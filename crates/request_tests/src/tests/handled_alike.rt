//! Requests handled so that it is told whether memory sufficed: on one broker, as on an equal one without, behind outputs that
//! hold something. With memory, and with each allocation failing in turn, in the memory of either broker the same one.

use crate::tests::runs::{MOST, OF_A_FOLLOWER, OF_A_LEADER, Run, given};
use broker_node::{Answer, Memory, Node};
use refusing_alloc::Refusing;
use sample_brokers::brokers::{answers_of, has_answers, new_node};
use sample_brokers::exchanges::Exchange;
use sample_brokers::small::request_in;
use sample_brokers::stores::{BOTH, Kept};
use segment::{BatchStore, SegStore, VecStore};
use std::alloc::Allocator;

/// What stands in the outputs before.
const OLD: &[u8] = b"old";

/// What is told of a request; none where it isn't answered.
fn told_of<S: BatchStore, A: Allocator + Copy>(
    node: &mut Node<S>,
    exchange: &Exchange,
    out: &mut Vec<u8, A>,
) -> Option<Memory> {
    let request = request_in(exchange.request)?;
    node.handle_exactly(&request, out).ok()
}

/// How a request is answered where nothing is told; none where it isn't.
fn answer_of<S: BatchStore, A: Allocator + Copy>(
    node: &mut Node<S>,
    exchange: &Exchange,
    out: &mut Vec<u8, A>,
) -> Option<Answer> {
    let request = request_in(exchange.request)?;
    node.handle(&request, out).ok()
}

/// How a request is to be answered of which this is told.
fn wanted_of(exchange: &Exchange, told: Option<Memory>) -> Option<Answer> {
    match told {
        Some(_) if exchange.response.is_empty() => Some(Answer::Silent),
        Some(_) => Some(Answer::Reply),
        None => None,
    }
}

/// What came of a request on two equal brokers.
#[derive(Clone, Copy)]
struct Came {
    /// What was told of it on one; none where it wasn't answered.
    told: Option<Memory>,
    /// How it was answered on the other, where nothing is told; none where it wasn't.
    answer: Option<Answer>,
}

/// Whether a request is told of just where it is answered on the other broker, and both append the same; and, where no
/// allocation fails, is told as sufficed, and has its response behind what stood there.
fn is_right(
    came: Came,
    (out, wanted): (&[u8], &[u8]),
    exchange: &Exchange,
    may_lack: bool,
) -> bool {
    let has_response = out.strip_prefix(OLD) == Some(exchange.response);
    let is_full = came.told == Some(Memory::Sufficed) && has_response;
    let is_same = came.answer == wanted_of(exchange, came.told) && out == wanted;
    is_same && (may_lack || is_full)
}

/// Whether a request is handled on two equal brokers alike, and as it should be where no allocation fails.
fn is_alike<S: BatchStore, A: Allocator + Copy>(
    (node, out): (&mut Node<S>, &mut Vec<u8, A>),
    (other, wanted): (&mut Node<S>, &mut Vec<u8, A>),
    exchange: &Exchange,
    may_lack: bool,
) -> bool {
    let told = told_of(node, exchange, out);
    let answer = answer_of(other, exchange, wanted);
    is_right(Came { told, answer }, (out, wanted), exchange, may_lack)
}

/// The same behind new outputs, for which both brokers have memory or neither.
fn is_alike_behind<S: BatchStore, A: Allocator + Copy>(
    (heap, node): (A, &mut Node<S>),
    (other_heap, other): (A, &mut Node<S>),
    exchange: &Exchange,
    may_lack: bool,
) -> bool {
    match (OLD.to_vec(heap), OLD.to_vec(other_heap)) {
        (Ok(mut out), Ok(mut wanted)) => {
            is_alike((node, &mut out), (other, &mut wanted), exchange, may_lack)
        }
        (Err(_), Err(_)) => may_lack,
        _ => false,
    }
}

/// Whether two brokers answer alike without taking memory.
fn are_equal<S: BatchStore, B: Allocator + Copy>(
    alloc: B,
    node: &Node<S>,
    other: &Node<S>,
) -> bool {
    match answers_of(alloc, other) {
        Ok(answers) => has_answers(alloc, node, &answers),
        Err(_) => false,
    }
}

/// The first request of a run that isn't handled on two equal brokers alike. They are equal at its end, and, where no
/// allocation fails, behind each request.
fn first_other_of<S: BatchStore, A: Allocator + Copy, B: Allocator + Copy>(
    alloc: B,
    (heap, node): (A, &mut Node<S>),
    (other_heap, other): (A, &mut Node<S>),
    run: &Run,
    may_lack: bool,
) -> Option<&'static str> {
    for exchange in run.exchanges {
        let is_alike = is_alike_behind((heap, node), (other_heap, other), exchange, may_lack);
        if !(is_alike && (may_lack || are_equal(alloc, node, other))) {
            return Some(exchange.name);
        }
    }
    if are_equal(alloc, node, other) {
        None
    } else {
        Some("all of them")
    }
}

/// The same of two new brokers, each in its heap; for both of them there is memory, or for neither.
fn first_other<S: BatchStore, B: Allocator + Copy>(
    alloc: B,
    (heap, other_heap): (S::Alloc, S::Alloc),
    run: &Run,
    may_lack: bool,
) -> Option<&'static str> {
    match (
        new_node::<S>(heap, run.role, 3, "t", 1),
        new_node::<S>(other_heap, run.role, 3, "t", 1),
    ) {
        (Ok(mut node), Ok(mut other)) => first_other_of(
            alloc,
            (heap, &mut node),
            (other_heap, &mut other),
            run,
            may_lack,
        ),
        (Err(_), Err(_)) if may_lack => None,
        _ => Some("a new broker"),
    }
}

/// The same of brokers that keep batches so, where in the heap of each this allocation fails, none if its number is 0; and
/// whether it is asked for. Neither may ask for more at once than what was given allows.
fn first_other_without<A: Allocator + Copy>(
    inner: A,
    kept: Kept,
    refused: u64,
    run: &Run,
) -> (Option<&'static str>, bool) {
    let heap = Refusing::new(inner, refused);
    let other_heap = Refusing::new(inner, refused);
    let heaps = (&heap, &other_heap);
    let other = match kept {
        Kept::Apart => first_other::<VecStore<_>, A>(inner, heaps, run, refused > 0),
        Kept::EndToEnd => first_other::<SegStore<_>, A>(inner, heaps, run, refused > 0),
    };
    let is_asked = heap.calls() >= refused;
    if heap.is_within(given(run)) && other_heap.is_within(given(run)) {
        (other, is_asked)
    } else {
        (Some("an allocation"), is_asked)
    }
}

/// Whether a run is handled alike with memory, and where one allocation fails, whichever that is; else the number of that one
/// and the first request that isn't.
fn all_alike<A: Allocator + Copy>(
    inner: A,
    kept: Kept,
    run: &Run,
) -> Result<(), (u64, &'static str)> {
    for refused in 0..MOST {
        match first_other_without(inner, kept, refused, run) {
            (None, true) => {}
            (None, false) => return Ok(()),
            (Some(name), _) => return Err((refused, name)),
        }
    }
    Err((MOST, "more allocations"))
}

#[test]
fn handled_as_without(rt: HostRuntime) {
    for kept in BOTH {
        let leads = all_alike(rt.alloc(), kept, &OF_A_LEADER);
        let follows = all_alike(rt.alloc(), kept, &OF_A_FOLLOWER);
        assert_eq!(rt; leads, Ok(()));
        assert_eq!(rt; follows, Ok(()));
    }
}
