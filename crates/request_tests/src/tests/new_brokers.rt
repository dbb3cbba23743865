//! Why new brokers are refused whose first producer id is negative: no command line has one. `tests/rows/brokers.rows`,
//! `command_lines.rows`, `frames.rows` and `sessions.rows` have the other refusals, and the logs of a new broker.

use broker_node::{ConfigError, Node, Role};
use sample_brokers::brokers::{configured, prints};
use segment::{BatchStore, ProgramStore};
use std::test::Fail;

/// How many topics have no name that a topic may have, the first producer id, and the refusal. `configured` adds a
/// topic.
static PRODUCERS: [(u32, i64, &'static str); 4] = [
    (1, -1, "BadFirstProducer"),
    (1, i64::MIN, "BadFirstProducer"),
    (1, i64::MAX, "BadTopic"),
    (64, -1, "TooManyTopics"),
];

/// Why a broker at an empty host, with so many topics `.` and this first producer id, is refused; `None` where it isn't, or
/// memory lacks.
fn refused_producer<S: BatchStore>(
    alloc: S::Alloc,
    count: u32,
    first_producer: i64,
) -> Option<ConfigError> {
    let Ok(mut config) = configured(alloc, Role::Leader, 0, ".", count) else {
        return None;
    };
    config.first_producer = first_producer;
    match Node::<S>::new(alloc, config) {
        Ok(_) => None,
        Err(why) => Some(why),
    }
}

/// Whether a first producer id is judged behind the number of topics, and before them.
fn is_judged<S: BatchStore>(alloc: S::Alloc, row: &(u32, i64, &'static str)) -> bool {
    match refused_producer::<S>(alloc, row.0, row.1) {
        Some(why) => prints(alloc, why, row.2),
        None => false,
    }
}

#[test]
fn first_producers(rt: HostRuntime) -> Result<(), Fail> {
    for row in &PRODUCERS {
        assert!(rt;
            is_judged::<ProgramStore<_>>(rt.alloc(), row),
            "{}, {}",
            row.0,
            row.1
        );
    }
    Ok(())
}
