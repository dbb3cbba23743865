//! Each part of a response, under a failing allocation: the output stays as it was, and with memory the
//! part stands behind it. The parts' bytes are worked out from Kafka's protocol guide, and of
//! own requests from docs/FORMATS.md.

use crate::tests::one::put_one;
use crate::tests::parts::{PARTS, STORED, put_part};
use refusing_alloc::Refusing;
use request_frames::response::set_count;
use std::alloc::Allocator;
use std::test::Fail;

/// The bytes of each part.
static WANTED: [&[u8]; PARTS] = [
    b"\0\0\0\0\0\0\x01\x02",
    b"\0\x02ab\0\0\0\x02",
    b"\0\0\0\x02",
    b"\0\0\0\x01\0\0\x01\x02\x03\x04\x05\x06\x07\x08\xff\xff\xff\xff\xff\xff\xff\xff",
    b"\0\0\0\0",
    b"\0\0\0\0\0\0\0\x02",
    b"\0\0\0\0\0\0\0\0\0\0\0\0\0\x05\0\0\0\0\0\0\0\x05\xff\xff\xff\xff\0\0\0\x03",
    b"\0\0\0\0\0\0\0\0\x01\x8b\xcf\xe5\x68\0\0\0\0\0\0\0\0\x03",
    b"\0\0\0\x01\0\0\0\x01\0\x04h.eu\0\0\x23\x84\xff\xff\0\0\0\x01\0\0\0\x02",
    b"\0\0\0\x02ab\x01\0\0\0\x02",
    b"\0\0\0\0\0\0\0\0\0\x01\0\0\0\x01\0\0\0\x01\0\0\0\x01\0\0\0\x01",
    b"\0\x05\0\0\0\x01\xff\xff\xff\xff\0\0\0\0\0\0\0\0",
    b"\0\0\0\x01\0\x0c",
    b"\0\0\0\x01\0\0\0\0\0\0\x01\x02\0\x02ab\0\0",
    b"\0\0\0\x01\0\0\0\0\0\0\x01\x02\xff\xff\0\0",
    b"\0\0\x01",
    b"\0\0\0\0\0\0\0\0\0\x03\0\0\0\0\0\0\0\x02\0\0\0\0\0\0\0\x01",
    b"\0\0\0\0\x01\x02",
    b"\0\x02",
    b"\0\0\0\0\0\x02",
    b"\0\x03\xff\xff\xff\xff",
    b"\0\0\0\0\0\x02",
    b"\0\0\0\0\0\0\0\x01\0\0\0\0\0\0\x01\x02",
    b"\0\0\0\0\x01\x02",
    b"\0\0\0\0\x01\x02\0\x02",
    b"\0\0\x23\x84",
    b"\0\x23\0\0\0\x09",
    b"\0\x01\x01\x02\x03\x04",
    b"\0\0\0\0\0\0\x01\x02\x03\x04\x05\x06\x07\x08\x01\x02",
];

/// Whether the part can't be put where the next allocation fails, all stays as it was, and the part
/// can be put then, and has these bytes.
fn is_put_later<A: Allocator + Copy>(out: &mut Vec<u8, A>, part: usize, wanted: &[u8]) -> bool {
    let is_refused = put_part(out, part).is_err();
    let is_same = out.as_slice() == b"old".as_slice();
    let is_put = put_part(out, part).is_ok();
    is_refused && is_same && is_put && out.strip_prefix(b"old".as_slice()) == Some(wanted)
}

/// Whether that holds in this memory, where the first allocation is for what stands there already.
fn fails_once<A: Allocator + Copy>(alloc: A, part: usize, wanted: &[u8]) -> bool {
    match b"old".to_vec(alloc) {
        Ok(mut out) => is_put_later(&mut out, part, wanted),
        Err(_) => false,
    }
}

#[test]
fn the_allocation_of_each_part_failing(rt: HostRuntime) {
    for (part, wanted) in WANTED.iter().enumerate() {
        let heap = Refusing::new(rt.alloc(), 2);
        let is_as_told = fails_once(&heap, part, wanted);
        assert_eq!(rt; (is_as_told, heap.calls()), (true, 3), "part {part}");
        assert!(rt; heap.is_within(3 + wanted.len()), "part {part}");
    }
}

/// Sets the count of topics, where a response stands behind three bytes.
fn set_topics<A: Allocator + Copy>(out: &mut Vec<u8, A>) {
    if 15 <= out.len() {
        set_count(out, 11, 258);
    }
}

/// A Produce response of partition 1 of topic `t`, stored; correlation id 5, and 258 topics for 1.
static ONE: &[u8] =
    b"\0\0\0\x29\0\0\0\x05\0\0\x01\x02\0\x01t\0\0\0\x01\0\0\0\x01\0\0\x01\x02\x03\x04\x05\x06\x07\x08\xff\xff\xff\xff\xff\xff\xff\xff\0\0\0\0";

#[test]
fn a_whole_response_with_a_count_set_behind_it(rt: HostRuntime) -> Result<(), Fail> {
    let mut out = b"old".to_vec(rt.alloc())?;
    put_one(&mut out, 5, b"t", STORED)?;
    set_topics(&mut out);
    assert_eq!(rt; out.strip_prefix(b"old".as_slice()), Some(ONE));
    Ok(())
}
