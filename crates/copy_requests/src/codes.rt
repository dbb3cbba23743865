//! How each refusal of a delivery, of an image, of a delta and of a trim is answered.

ghost use Rattle.std.specs.Prelude.{◌≡◌};
ghost use Rattle.copy_requests.specs.Codes.{deliver_refused, image_refused, patch_refused, trim_code};

use answering::{ErrorCode, Refused};
use copy_deltas::PatchError;
use copy_images::ImageError;
use partition_log::{DeliverError, TrimError};

/// Why an entry is refused whose batch a copy does not take.
pub(crate) fn deliver_refused(fault: DeliverError) -> Refused
    ensures { result ≡ deliver_refused fault }
{
    match fault {
        DeliverError::NotWhole | DeliverError::NoKey => Refused::Check(ErrorCode::InvalidRecord),
        DeliverError::BadOffset => Refused::Check(ErrorCode::OffsetOutOfRange),
        DeliverError::Overlap => Refused::Check(ErrorCode::InvalidRequest),
        DeliverError::OutOfMemory => Refused::OutOfMemory,
    }
}

/// Why an entry is refused whose bytes are no image.
pub(crate) fn image_refused(fault: ImageError) -> Refused
    ensures { result ≡ image_refused fault }
{
    match fault {
        ImageError::Short
        | ImageError::BadMark
        | ImageError::BadVersion
        | ImageError::BadCrc
        | ImageError::BadCover
        | ImageError::BadBatch(_)
        | ImageError::Outside
        | ImageError::Extra => Refused::Check(ErrorCode::CorruptMessage),
        ImageError::OutOfMemory => Refused::OutOfMemory,
    }
}

/// Why an entry is refused whose delta a copy does not take.
pub(crate) fn patch_refused(fault: PatchError) -> Refused
    ensures { result ≡ patch_refused fault }
{
    match fault {
        PatchError::Short
        | PatchError::BadMark
        | PatchError::BadVersion
        | PatchError::BadCrc
        | PatchError::BadCover
        | PatchError::BadBatch(_)
        | PatchError::Outside
        | PatchError::Extra => Refused::Check(ErrorCode::CorruptMessage),
        PatchError::NotFor => Refused::Check(ErrorCode::InvalidRequest),
        PatchError::Disagree { .. } => Refused::Check(ErrorCode::InvalidRequest),
        PatchError::OutOfMemory => Refused::OutOfMemory,
    }
}

/// The code that answers an offset that a start can't move to.
pub(crate) fn trim_code(fault: TrimError) -> ErrorCode
    ensures { result ≡ trim_code fault }
{
    match fault {
        TrimError::BelowStart | TrimError::PastEnd => ErrorCode::OffsetOutOfRange,
        TrimError::NotABase => ErrorCode::InvalidRequest,
        TrimError::OutOfMemory => ErrorCode::StorageError,
    }
}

++++++++++

#### Brief
Search the material above for the word "else", and return each line that holds it.

#### Answer for this exercise
    } else {
    } else {
/// Whether a run is handled alike with memory, and where one allocation fails, whichever that is; else the number of that one
    let Ok(mut config) = configured(alloc, Role::Leader, 0, ".", count) else {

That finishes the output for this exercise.